Der Vorschlag sieht außerdem eine Reihe von Schutzmaßnahmen vor, die für mehr Transparenz sorgen. Sie verhindern auch, dass schutzrechtsverletzende Produkte in den Mitgliedstaaten auf den Markt gelangen. Er steht damit in einer Reihe mit anderen Initiativen der EU zur Sicherung des Know-how der Europäer und ihrer führenden Rolle als Innovatoren sowie zum Schutz der Patienten vor gefälschten Arzneimitteln. Der Vorschlag ergänzt ferner das Gesamtkonzept der EU, das die Gewährleistung eines freien und fairen, durch offene Märkte gekennzeichneten Handels für in der EU ansässige Hersteller vorsieht.

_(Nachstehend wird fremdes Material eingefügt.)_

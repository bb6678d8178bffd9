use crate::fakes::{OnePort, Over};
use crate::words::node;
use rq_outside::{DiskPair, MemDisk};
use rq_serve::serve_node;
use rq_system::{RandomWords, SteadyClock, SystemThreads, TcpNetwork, WallClock};
use std::alloc::Global;
use std::io::{Read, Write};
use std::net::{Net, TcpStream};
use std::sync::Arc;
use std::sync::atomic::{AtomicU64, Ordering};
use std::test::Fail;
use std::thread;
use std::time::{Clock, Duration};

const ADDRESS: &str = "127.0.0.1:47398";

const MOST_TRIES: u32 = 1_000_000;

/// A request with this body, and the body of its reply.
#[derive(Clone, Copy, Drop)]
struct Exchange {
    target: &'static str,
    asked: &'static str,
    answered: &'static str,
}

const EXCHANGES: [Exchange; 10] = [
    Exchange {
        target: "/db/execute",
        asked: "[\"CREATE TABLE foo (id INTEGER PRIMARY KEY, name TEXT, age INTEGER)\"]",
        answered: "{\"results\":[{}]}",
    },
    Exchange {
        target: "/db/execute",
        asked: "[\"INSERT INTO foo(name, age) VALUES('fiona', 20)\"]",
        answered: "{\"results\":[{\"last_insert_id\":1,\"rows_affected\":1}]}",
    },
    Exchange {
        target: "/db/query?level=none",
        asked: "[\"SELECT * FROM foo\"]",
        answered: "{\"results\":[{\"columns\":[\"id\",\"name\",\"age\"],\"types\":[\"integer\",\"text\",\"integer\"],\"values\":[[1,\"fiona\",20]]}]}",
    },
    Exchange {
        target: "/db/execute",
        asked: "[[\"INSERT INTO foo(name, age) VALUES(?, ?)\", \"sinead\", 25], [\"INSERT INTO foo(name, age) VALUES(:n, ABS(RANDOM()) * 0)\", {\"n\": \"declan\"}]]",
        answered: "{\"results\":[{\"last_insert_id\":2,\"rows_affected\":1},{\"last_insert_id\":3,\"rows_affected\":1}]}",
    },
    Exchange {
        target: "/db/request",
        asked: "[\"UPDATE foo SET name = LENGTH(datetime('now')) WHERE id = 3\", \"INSERT INTO\"]",
        answered: "{\"results\":[{\"rows_affected\":1},{\"error\":\"incomplete input\"}]}",
    },
    Exchange {
        target: "/db/request?transaction&associative",
        asked: "[\"SELECT name, age FROM foo WHERE id > 1\"]",
        answered: "{\"results\":[{\"rows\":[{\"age\":25,\"name\":\"sinead\"},{\"age\":0,\"name\":\"19\"}],\"types\":{\"age\":\"integer\",\"name\":\"text\"}}]}",
    },
    Exchange {
        target: "/db/execute?transaction",
        asked: "[\"DELETE FROM foo\"]",
        answered: "bad parameter: transaction",
    },
    Exchange {
        target: "/db/request",
        asked: "[\"DELETE FROM foo\", \"SELECT 1\"]",
        answered: "not built: a list that writes and reads",
    },
    Exchange {
        target: "/db/query?level=strong",
        asked: "[\"SELECT 1\"]",
        answered: "bad parameter: level",
    },
    Exchange {
        target: "/db/query",
        asked: "[\"SELECT COUNT(*) FROM foo\"]",
        answered: "{\"results\":[{\"columns\":[\"COUNT(*)\"],\"types\":[\"\"],\"values\":[[3]]}]}",
    },
];

/// What a request met.
#[derive(Clone, Copy, PartialEq)]
enum Met {
    Answered,
    NoLeader,
    Other,
}

/// Sends a request, and reads its reply.
fn ask(alloc: Global, stream: &mut TcpStream, exchange: &Exchange) -> Option<Met> {
    let target = exchange.target;
    let asked = exchange.asked;
    let length = asked.len();
    let request = format!(in alloc;
        "POST {target} HTTP/1.1\r\nHost: n1\r\nContent-Length: {length}\r\n\r\n{asked}"
    ).ok()?;
    if stream.write_all(request.as_bytes()).is_err() {
        return Some(Met::Other);
    }
    let mut reply = Vec::new(alloc);
    let mut piece = [0u8; 1024];
    for _ in 0..64 {
        match stream.read(&mut piece) {
            Ok(count) if count > 0 => reply.extend_from_slice(&piece[..count]).ok()?,
            _ => return Some(Met::Other),
        }
        if reply.ends_with(exchange.answered.as_bytes()) {
            return Some(Met::Answered);
        }
        if reply.ends_with(b"leader not found: term 0") {
            return Some(Met::NoLeader);
        }
    }
    Some(Met::Other)
}

/// Makes a request, again where there is no leader yet, and answers whether it was answered.
fn is_answered<R: Clock>(
    rt: &R,
    alloc: Global,
    stream: &mut TcpStream,
    exchange: &Exchange,
) -> bool {
    for _ in 0..MOST_TRIES {
        match ask(alloc, stream, exchange) {
            Some(Met::NoLeader) => thread::sleep(rt, Duration::from_millis(5)),
            Some(Met::Answered) => return true,
            _ => return false,
        }
    }
    false
}

/// Makes all requests over one connection, and answers whether each was answered.
fn all_answered<R: Clock + Net<Stream = TcpStream>>(rt: &R, alloc: Global) -> bool {
    let Some(mut stream) = connected(rt) else {
        return false;
    };
    for exchange in &EXCHANGES {
        if !is_answered(rt, alloc, &mut stream, exchange) {
            return false;
        }
    }
    true
}

/// A connection to the node, as soon as it listens.
fn connected<R: Clock + Net<Stream = TcpStream>>(rt: &R) -> Option<TcpStream> {
    for _ in 0..2000 {
        if let Ok(stream) = TcpStream::connect(rt, ADDRESS) {
            return Some(stream);
        }
        thread::sleep(rt, Duration::from_millis(5));
    }
    None
}

#[test]
fn row_two_over_loopback(rt: HostRuntime) -> Result<(), Fail> {
    let alloc = rt.alloc();
    let over: Over = Arc::new(alloc, AtomicU64::new(0))?;
    let answered = Arc::new(alloc, AtomicU64::new(0))?;
    let (their_over, their_answered) = (Arc::try_clone(&over)?, Arc::try_clone(&answered)?);
    let client = thread::spawn(&rt, move || {
        let all = all_answered(&rt, alloc);
        their_answered.store(u64::from(all), Ordering::SeqCst);
        their_over.store(1, Ordering::SeqCst);
    });
    assert!(rt; client.is_ok());
    let Ok(words) = node(alloc) else {
        assert!(rt; false, "words of a node");
        return Ok(());
    };
    let (Ok(one), Ok(two)) = (
        MemDisk::new(alloc, Vec::new(alloc), Vec::new(alloc)),
        MemDisk::new(alloc, Vec::new(alloc), Vec::new(alloc)),
    ) else {
        assert!(rt; false, "disks in memory");
        return Ok(());
    };
    let mut network = OnePort::new(rt, TcpNetwork::new(rt), over);
    let end = serve_node(
        rt,
        alloc,
        &words,
        &mut network,
        DiskPair::new(one, two),
        SteadyClock::new(rt),
        WallClock::new(rt),
        RandomWords::new([7; 32]),
        SystemThreads::new(rt),
    );
    assert!(rt; end.status() == 4, "no more connections are accepted");
    assert!(rt;
        answered.load(Ordering::SeqCst) == 1,
        "each request was answered"
    );
    Ok(())
}
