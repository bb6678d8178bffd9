//! What is wanted of a node.
ghost use Rattle.std.specs.Prelude.{◌≡◌, ℕ, Bool, Some, None, IfOk};
ghost use Rattle.rq_node.specs.Events.{asked};
ghost use Rattle.rq_desk.specs.Asks as spec;

use rq_node::Event;
use rq_request::{Level, Op};
use rq_statement::{Item, StatementList};
use rq_values::{NoMemory, Seq, TryCopy};
use std::alloc::Global;

/// What an ask wants of a node.
pub enum Wanted {
    /// The statements are run, by way of the log.
    Write(Seq<Item>),
    /// The results of queries on the node's own database.
    Read(Seq<Item>),
    /// The same, where the node leads.
    LeaderRead(Seq<Item>),
}

impl Drop for Wanted {
    fn drop(self) {
        match self {
            Wanted::Write(items) => drop(items),
            Wanted::Read(items) => drop(items),
            Wanted::LeaderRead(items) => drop(items),
        }
    }
}

/// A copy of the items of a list.
fn copies(alloc: Global, list: &StatementList) -> Result<Seq<Item>, NoMemory>
    ensures { IfOk result (λ items. items ≡ list.now.items) }
{
    let mut items = Seq::new(alloc);
    for item in list.items() {
        let pushed = match item.copy(alloc) {
            Ok(item) => items.push(item),
            Err(error) => Err(error),
        };
        if pushed.is_err() {
            drop(items);
            return Err(NoMemory);
        }
    }
    Ok(items)
}

fn wanted_read(alloc: Global, items: &Seq<Item>, level: Level) -> Result<Wanted, NoMemory>
    requires { spec.unbuilt_level level ≡ None }
    ensures { IfOk result (λ wanted. (leads : Bool) (number : ℕ) → spec.wanted_event leads number wanted ≡ spec.read_event leads number items.now level) }
{
    let items = items.copy(alloc)?;
    match level {
        Level::None => Ok(Wanted::Read(items)),
        Level::Weak | Level::Linearizable | Level::Strong => Ok(Wanted::LeaderRead(items)),
    }
}

impl Wanted {
    /// What this ask wants, which is built.
    pub fn new(alloc: Global, op: &Op) -> Result<Wanted, NoMemory>
        requires { spec.unbuilt_of op.now ≡ None }
        ensures { IfOk result (λ wanted. (leads : Bool) (number : ℕ) → spec.op_event leads number op.now ≡ Some (spec.wanted_event leads number wanted)) }
    {
        match op {
            Op::Write { list, mixed: _ } => Ok(Wanted::Write(copies(alloc, list)?)),
            Op::Read {
                items,
                level,
                freshness: _,
            } => wanted_read(alloc, items, *level),
            _ => unreachable!(),
        }
    }

    /// The event that puts it to a node as the ask of this number.
    pub fn event(self, number: u64, leads: bool) -> Event
        ensures event { result ≡ spec.wanted_event leads number self }
        ensures asked { asked result ≡ Some number }
    {
        match self {
            Wanted::Read(items) => Event::Query { number, items },
            Wanted::LeaderRead(items) if leads => Event::Query { number, items },
            Wanted::LeaderRead(items) | Wanted::Write(items) => Event::Execute { number, items },
        }
    }
}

Der heutige Vorschlag wird die Verordnung (EG) Nr. 469/2009 über das ergänzende Schutzzertifikat für Arzneimittel ändern. Nach Annahme des Vorschlags durch das Europäische Parlament und den Rat wird die Verordnung in allen EU-Mitgliedstaaten unmittelbar gelten.

Hintergrund

Die europäischen und globalen Arzneimittelmärkte durchlaufen derzeit tief greifende Veränderungen. Die weltweite Nachfrage nach Arzneimitteln hat massiv zugenommen und belief sich im Jahr 2017 auf über 1 Billion EUR. Parallel dazu ist eine Verschiebung bei den Marktanteilen zugunsten von Generika und bioähnlichen Produkten festzustellen. Traditionell spielt die EU eine Vorreiterrolle bei der pharmazeutischen Forschung und Entwicklung, unter anderem auch im Bereich Generika und bioähnliche Produkte. Aber diese führende Position ist bedroht.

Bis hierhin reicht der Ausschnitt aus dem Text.